Além disso, ela costuma emprestar câmeras para as pequenas tirarem as próprias fotos quando fazem algum passeio ou viagem e, assim, serem donas das suas respectivas narrativas.
— Quando olho essas fotos, dá um quentinho no coração. Ao sentir alegria significa que olhamos o lado bom da vida. É aprender a enxergar e ensinar minhas filhas a enxergarem as belezas. Claro que temos perrengue, dores, saudades, faltas e desafios. Porém, o lado bom compensa. É preciso limpar a lente para enxergar direitinho — reflete.
Fotos materializam boas lembranças
Eduarda e Camila garantem que não dividem o sentimento descrito por Bad Bunny, sobre o desejo de tirar mais fotos, uma vez que elas sempre se preocupam em capturar os momentos especiais. Ainda assim, afirmam que não deixam de viver o momento para conseguir o clique perfeito.
Para a psicóloga e coordenadora do curso de Psicologia da Universidade do Vale do Sinos (Unisinos), Melina Lima, esse equilíbrio é essencial:
— O excesso de preocupação com o registro nos desconecta dos outros sentidos que são importantes para o armazenamento da informação, para a consolidação em forma de memória. Precisamos estar conectados com os outros sentidos para ter uma boa memória dos eventos que são importantes. A fotografia é um apoio maravilhoso, mas não é o único recurso quando falamos na criação de recordações.
Ainda, a especialista assegura que os registros são importantes para a saúde mental e para a memória.
Os registros ajudam a preservar momentos significativos, reforçando lembranças e emoções positivas. Além de conectar gerações, as recordações podem fortalecer a identidade, pois mostram a trajetória pessoal e familiar.
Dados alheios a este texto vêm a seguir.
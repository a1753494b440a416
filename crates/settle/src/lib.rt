// Draining over the buffers: `settle` of regions.rs with its turns. Nodes come before rows, each in the order in which they were queued.
#![tactic(auto)]

ghost use Rattle.std.specs.Prelude.{◌≡◌, not, ◌&&◌, List, ℕ, ◌<◌, eqb, length};
ghost use Rattle.memory.specs.Ranges.{figure_limit};
ghost use Rattle.queues.specs.Queue.{queue, oldest};
ghost use Rattle.queues.specs.Slot.{rows_in};
ghost use Rattle.row_moves.specs.Between.{Index, did};
ghost use Rattle.row_moves.specs.Lent.{held_of, built_of, built_by, live_in, TidyIn, SameLent};
ghost use Rattle.row_moves.specs.Held.{Shaped, LinksShaped, Holds, HoldsLinks};
ghost use Rattle.row_moves.specs.Ready.{Runnable};
ghost use Rattle.drain.specs.Drain.{take_node, take_row, turn as turns, settle as settles};
ghost use Rattle.theorem_keeps.specs.Serves.{Serves, Among, Going};

use queues::{Ring, Rings, RowQueue};
use row_moves::{Built, Live};
use state::Step;

// The node that has waited longest.
fn oldest_node(live: &Live<'_>) -> usize
    requires { live.now.rings.nodes.head < length live.now.node_queue.now }
    ensures { result ≡ oldest (queue live.now.node_queue.now live.now.rings.nodes) }
{
    rows::place(live.node_queue[live.rings.nodes.head])
}

// The row that has waited longest in the queue whose columns begin at k. A number and not a `RowQueue`: the clause promises the entry
// of any column.
pub fn oldest_row(row_queues: &[[u16; 4]], k: usize, ring: Ring) -> usize
    requires { (ring.head < length row_queues.now) × (k < 4) }
    ensures { result ≡ oldest (rows_in k row_queues.now ring).queue }
{
    let slot = row_queues[ring.head];
    rows::place(slot[k])
}

// The oldest node is taken: its guard, then, unless that contradicts, its condition.
fn take_node(built: Built<'_>, live: &mut Live<'_>) -> Step
    requires count_nonzero { ((x : Index) × (links : List ℕ) × Serves x built.bounds.now (built_by built links)) × (0 < live.old.rings.nodes.count) }
    requires going { Going (held_of built.held) built.nodes.now (live_in live.old) }
    ensures ran { ((x : Index) (links : List ℕ) → Serves x built.entry.bounds.now (built_by built.entry links)
        → did (live_in live.new) result ≡ take_node x (live_in live.old))
        × (TidyIn live.old → TidyIn live.new) }
    ensures lent { SameLent live.old live.new }
{
    let node = oldest_node(live);
    live.rings.nodes = queues::popped(live.rings.nodes, 4096);
    let told = bound_moves::guard_at(built, live, node);
    if told.contradicts() {
        return told;
    }
    let after = conditions::threshold_condition(built, live, node);
    told.join(after)
}

// The oldest row that waits to hand on its bounds is taken, and hands them on.
fn take_row(built: Built<'_>, live: &mut Live<'_>) -> Step
    requires shaped { Shaped (held_of built.held) × LinksShaped (held_of built.held) built.links.now
        × (0 < live.old.rings.rows.count) × Among (length built.held.rows.now) (rows_in 0 live.old.row_queues.now live.old.rings.rows) }
    requires runnable { Runnable (held_of built.held) figure_limit (live_in live.old) }
    ensures ran { ((x : Index) → Holds x (held_of built.entry.held) → HoldsLinks x (held_of built.entry.held) built.entry.links.now
        → did (live_in live.new) result ≡ take_row x (live_in live.old))
        × (TidyIn live.old → TidyIn live.new) }
    ensures lent { SameLent live.old live.new }
{
    let ring = live.rings.rows;
    let row_queues = &mut *live.row_queues;
    let row = oldest_row(row_queues, RowQueue::Bounds.first_column(), ring);
    live.rings.rows = queues::next_row(row_queues, RowQueue::Bounds, ring);
    bound_moves::threshold_prefixes(built, live, row)
}

// Rows wait until no node does.
fn turn(built: Built<'_>, live: &mut Live<'_>) -> Step
    requires count_nonzero { ((x : Index) × Serves x built.bounds.now (built_of built))
        × (live.old.rings.nodes.count ≡ 0 → 0 < live.old.rings.rows.count) }
    requires going { Going (held_of built.held) built.nodes.now (live_in live.old) }
    ensures ran { ((x : Index) → Serves x built.entry.bounds.now (built_of built.entry)
        → did (live_in live.new) result ≡ turns x (live_in live.old))
        × (TidyIn live.old → TidyIn live.new) }
    ensures lent { SameLent live.old live.new }
{
    let none = live.rings.nodes.count == 0;
    if none {
        return take_row(built, live);
    }
    take_node(built, live)
}

// A node waits, or a row.
fn waits(rings: Rings) -> bool
    ensures { result ≡ not (eqb rings.nodes.count 0 && eqb rings.rows.count 0) }
{
    rings.nodes.count != 0 || rings.rows.count != 0
}

// Turns until nothing waits or one contradicts.
pub fn settle(built: Built<'_>, live: &mut Live<'_>) -> Step
    requires serves { (x : Index) × Serves x built.bounds.now (built_of built) }
    requires going { Going (held_of built.held) built.nodes.now (live_in live.old) }
    ensures ran { ((x : Index) → Serves x built.entry.bounds.now (built_of built.entry)
        → did (live_in live.new) result ≡ settles x (live_in live.old))
        × (TidyIn live.old → TidyIn live.new) }
    ensures lent { SameLent live.old live.new }
{
    let mut so_far = Step::Unchanged;
    let mut busy = waits(live.rings);
    // Until nothing waits: what is drained queues more.
    while busy {
        let step = turn(built, live);
        if step.contradicts() {
            return step;
        }
        so_far = so_far.join(step);
        busy = waits(live.rings);
    }
    so_far
}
— Ao olhar fotos, acionamos a nossa memória de longo prazo, que é aquela que apresenta uma capacidade ilimitada de armazenamento. No cérebro, ativamos uma região localizada no lobo temporal e outras mais específicas, como o hipocampo, que ajuda nesse processamento. Essas memórias, quando ativadas, são indissociadas das emoções. Logo, ativamos também o sistema límbico, que é responsável pelo processamento das emoções e, por consequência, o córtex pré-frontal — explica.